The NF-κB is found in almost all animal cell types and is involved in a myriad of cellular responses. Aberrant expression of NF-κB has been linked to cancer, inflammatory diseases and improper development. Little is known about transcriptional regulation of the NF-κB family member gene RelA/p65. Sp1 plays a key role in the expression of the RelA/p65 gene. ZBTB2 represses transcription of the gene by inhibiting Sp1 binding to a Sp1-binding GC-box in the RelA/p65 proximal promoter (bp, −31 to −21). Moreover, recent studies revealed that RelA/p65 directly binds to the peroxisome proliferator-activated receptor-γ coactivator1α (PGC1α) to decrease transcriptional activation of the PGC1α target gene PDK4, whose gene product inhibits pyruvate dehydrogenase (PDH), a key regulator of TCA cycle flux. Accordingly, we observed that RelA/p65 repression by ZBTB2 indirectly results in increased PDK4 expression, which inhibits PDH. Consequently, in cells with ectopic ZBTB2, the concentrations of pyruvate and lactate were higher than those in normal cells, indicating changes in glucose metabolism flux favoring glycolysis over the TCA cycle. Knockdown of ZBTB2 in mouse xenografts decreased tumor growth. ZBTB2 may increase cell proliferation by reprogramming glucose metabolic pathways to favor glycolysis by upregulating PDK4 expression via repression of RelA/p65 expression.
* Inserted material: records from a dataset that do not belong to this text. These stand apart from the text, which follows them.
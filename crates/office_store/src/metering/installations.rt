//! Builds a meter's installation (its opening, last entry and total energy) from its rows in three
//! tables.
ghost use Rattle.std.specs.Prelude.{◌≡◌, false, IfOk, IfErr};
ghost use Rattle.office_books.specs.Ranges.{IsSound};
ghost use Rattle.office_store.specs.Finding.Finding.{Finds};
ghost use Rattle.office_store.specs.Metering.Meters.{IsRowOf, opening_from, standing_from, IsStanding};
ghost use Rattle.office_store.specs.Metering.Sound.{IsNamed, HasReadableMeters};
ghost use Rattle.office_events.specs.declared.facts.Opening.{Opening as RecordedOpening};
ghost use Rattle.store_tables.specs.declared.faults.RowFault.TheVariants.{Damaged};

use crate::metering::rows::{first_entry, range};
use crate::name;
use energy_core::Last;
use office_books::{installations_are_in_range, is_sound};
use office_events::{Installation, Opening};
use sqlite::{Alter, Connection};
use store_tables::{EntryRow, InstallationRow, RowFault};

/// Builds the opening of a meter, the record of its installation, from its rows in `installations`,
/// `ranges` and `entries`.
fn opening(
    row: &store_tables::Installation,
    range: u64,
    first: EntryRow,
) -> Result<Opening, RowFault>
    ensures opening { IfOk result (λ opening. opening ≡ opening_from row.now range first) }
    ensures fault { IfErr result (λ e. (e ≡ Damaged) × (¬ IsNamed row.now)) }
{
    let meter = name(row.meter.as_str())?;
    let register = name(row.register.as_str())?;
    Ok(Opening {
        meter,
        register,
        ceiling: row.row.ceiling,
        range,
        at: first.moment,
        raw: first.raw,
        sf: first.sf,
    })
}

/// Builds the state of a meter from its opening (the record of its installation) and its row in
/// `installations`. Reports numbers out of their ranges as `Damaged`.
fn installed(opening: Opening, row: InstallationRow) -> Result<Installation, RowFault>
    ensures stands { IfOk result (λ found. found ≡ standing_from opening row) }
    ensures sound { IfOk result IsSound }
    ensures fault { IfErr result
        (λ e. (e ≡ Damaged) × (¬ IsSound (standing_from opening row))) }
{
    let found = Installation {
        opening,
        last: Last {
            at: row.last.moment,
            raw: row.last.raw,
            sf: row.last.sf,
        },
        total: row.last.total,
        ended: row.is_ended,
    };
    if is_sound(&found) {
        Ok(found)
    } else {
        Err(RowFault::Damaged)
    }
}

/// Returns the state of the meter that has the row `row` in `installations`. Also queries the
/// meter's counter range and first entry.
pub(crate) fn standing<S: Alter>(
    conn: &mut Connection<S>,
    row: &store_tables::Installation,
) -> Result<Installation, RowFault>
    requires { conn.old.in_transaction ≡ false }
    ensures finds { Finds S.Store conn.old conn.new result (IsStanding row.now)
        (λ facts. HasReadableMeters facts × (opening : RecordedOpening)
        × IsRowOf facts opening row.now) }
    ensures sound { IfOk result IsSound }
{
    installations_are_in_range();
    let meter = row.meter.as_str();
    let Some(counts) = range(conn, meter)? else {
        return Err(RowFault::Damaged);
    };
    let Some(first) = first_entry(conn, meter)? else {
        return Err(RowFault::Damaged);
    };
    let opening = opening(row, counts, first)?;
    installed(opening, row.row)
}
Two ZNF509 (ZBTB49) isoforms induce cell-cycle arrest by activating transcription of p21/CDKN1A and RB upon exposure to genotoxic stress

ZNF509 is unique among POK family proteins in that four isoforms are generated by alternative splicing. Short ZNF509 (ZNF509S1, -S2 and -S3) isoforms contain one or two out of the seven zinc-fingers contained in long ZNF509 (ZNF509L). Here, we investigated the functions of ZNF509 isoforms in response to DNA damage, showing isoforms to be induced by p53. Intriguingly, to inhibit proliferation of HCT116 and HEK293 cells, we found that ZNF509L activates p21/CDKN1A transcription, while ZNF509S1 induces RB. ZNF509L binds to the p21/CDKN1A promoter either alone or by interacting with MIZ-1 to recruit the co-activator p300 to activate p21/CDKN1A transcription. In contrast, ZNF509S1 binds to the distal RB promoter to interact and interfere with the MIZF repressor, resulting in derepression and transcription of RB. Immunohistochemical analysis revealed that ZNF509 is highly expressed in normal epithelial cells, but was completely repressed in tumor tissues of the colon, lung and skin, indicating a possible role as a tumor suppressor.

Regulation of the Cyclin-dependent Kinase Inhibitor 1A Gene (CDKN1A) by the Repressor BOZF1 through Inhibition of p53 Acetylation and Transcription Factor Sp1 Binding

Background: The POK proteins play roles in the regulation of the cell cycle, oncogenesis, and tumor suppression. A novel POK protein, BOZF1, is overexpressed in cancer. Results: BOZF1 represses transcription of CDKN1A by inhibition of p53 acetylation and Sp1 binding. Conclusion: BOZF1 stimulates cell proliferation by repressing p21 expression. Significance: BOZF1 is a negative regulator of tumor suppressors p53 and p21. The human POZ domain and Krüppel-like zinc finger (POK) family proteins play important roles in the regulation of apoptosis, cell proliferation, differentiation, development, oncogenesis, and tumor suppression. A novel POK family transcription factor, BTB/POZ and zinc finger domains factor on chromosome 1 (BOZF-1; also called ZBTB8A), contains a POZ domain and two C2H2-type Krüppel-like zinc fingers and is localized at nuclear speckles. Compared with paired normal tissues, BOZF1 expression is increased in cancer tissues of the prostate, breast, and cervix. BOZF1 repressed the transcription of p21WAF/CDKN1A by acting on the proximal promoter concentrated with Sp1-binding GC boxes. BOZF1 competed with Sp1 in binding to GC boxes 1–5/6 of the CDKN1A proximal promoter. In addition, BOZF1 interacted with p53 and decreased the acetylation of p53 by p300, which reduced the DNA binding activity of p53 at the far distal p53-binding element. BOZF1 blocked the two major molecular events that are important in both constitutive and inducible transcription activation of CDKN1A. BOZF1 is unique in that it bound to all the proximal GC boxes to repress transcription, and it inhibited p53 acetylation without affecting p53 stability. BOZF1 might be a novel proto-oncoprotein that stimulates cell proliferation.